● **TASK STATEMENT**
An exact transcription of all the data is required.

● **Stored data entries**
####################

// A parenthesis, whose name is the empty text.
fn paren(names: &Names, kind: TokKind, at: u32) -> Tok
    ensures value { token_of names.now result ≡ record { kind = kind; name = []; at = at } }
    ensures interned { IsInterned names.now (Some result) }
{
    let name = names.empty();
    Tok { kind, name, at }
}

// The tokens of one byte, in order.
fn fed_of(first: Option<Tok>, second: Option<Tok>) -> Fed
    ensures value { (texts : List (List ℕ))
        → fed_tokens texts result ≡ option_tokens texts first ++ option_tokens texts second }
    ensures interned { (texts : List (List ℕ)) → IsInterned texts first → IsInterned texts second
        → IsInterned texts result.first × IsInterned texts result.second }
{
    match first {
        Some(_) => Fed { first, second },
        None => Fed {
            first: second,
            second: None,
        },
    }
}
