/// What is looked at of references.
#[derive(Clone, Copy)]
enum Look {
    /// The selectors at their locations.
    Selectors,
    /// Where they lead.
    Targets,
}

/// The name of a group; `None` if there is no such group.
pub(crate) fn group_name(module: &Checked, index: u16) -> Option<Name<'_>> {
    let Rec::Group { name, .. } = module.group(index)? else {
        return None;
    };
    module.name(name.item.0)
}

/// The addresses that an offset in a frame may mean, for each reading of a displacement.
pub(crate) fn said(selector: u16, offset: u32, displacement: u32) -> [Option<u32>; 2] {
    let address = (16 * u32::from(selector)).wrapping_add(offset);
    let first = address.checked_sub(displacement);
    let second = if displacement >= 1 << 31 {
        Some(address.wrapping_sub(displacement))
    } else if (0x8000..0x1_0000).contains(&displacement) {
        Some(address.wrapping_add(0x1_0000).wrapping_sub(displacement))
    } else {
        None
    };
    [first, second]
}

/// The selector of a frame with this base; `None` if that is no multiple of 16.
fn selector_of(base: u32) -> Option<u16> {
    if base % 16 == 0 {
        u16::try_from(base / 16).ok()
    } else {
        None
    }
}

####################

● **ANSWER SPACE**
// A parenthesis, whose name is the empty text.
fn paren(names: &Names, kind: TokKind, at: u32) -> Tok
    ensures value { token_of names.now result ≡ record { kind = kind; name = []; at = at } }
    ensures interned { IsInterned names.now (Some result) }
{
    let name = names.empty();
    Tok { kind, name, at }
}

// The tokens of one byte, in order.
fn fed_of(first: Option<Tok>, second: Option<Tok>) -> Fed
    ensures value { (texts : List (List ℕ))
        → fed_tokens texts result ≡ option_tokens texts first ++ option_tokens texts second }
    ensures interned { (texts : List (List ℕ)) → IsInterned texts first → IsInterned texts second
        → IsInterned texts result.first × IsInterned texts result.second }
{
    match first {
        Some(_) => Fed { first, second },
        None => Fed {
            first: second,
            second: None,
        },
    }
}
/// What is looked at of references.
#[derive(Clone, Copy)]
enum Look {
    /// The selectors at their locations.
    Selectors,
    /// Where they lead.
    Targets,
}

/// The name of a group; `None` if there is no such group.
pub(crate) fn group_name(module: &Checked, index: u16) -> Option<Name<'_>> {
    let Rec::Group { name, .. } = module.group(index)? else {
        return None;
    };
    module.name(name.item.0)
}

/// The addresses that an offset in a frame may mean, for each reading of a displacement.
pub(crate) fn said(selector: u16, offset: u32, displacement: u32) -> [Option<u32>; 2] {
    let address = (16 * u32::from(selector)).wrapping_add(offset);
    let first = address.checked_sub(displacement);
    let second = if displacement >= 1 << 31 {
        Some(address.wrapping_sub(displacement))
    } else if (0x8000..0x1_0000).contains(&displacement) {
        Some(address.wrapping_add(0x1_0000).wrapping_sub(displacement))
    } else {
        None
    };
    [first, second]
}

/// The selector of a frame with this base; `None` if that is no multiple of 16.
fn selector_of(base: u32) -> Option<u16> {
    if base % 16 == 0 {
        u16::try_from(base / 16).ok()
    } else {
        None
    }
}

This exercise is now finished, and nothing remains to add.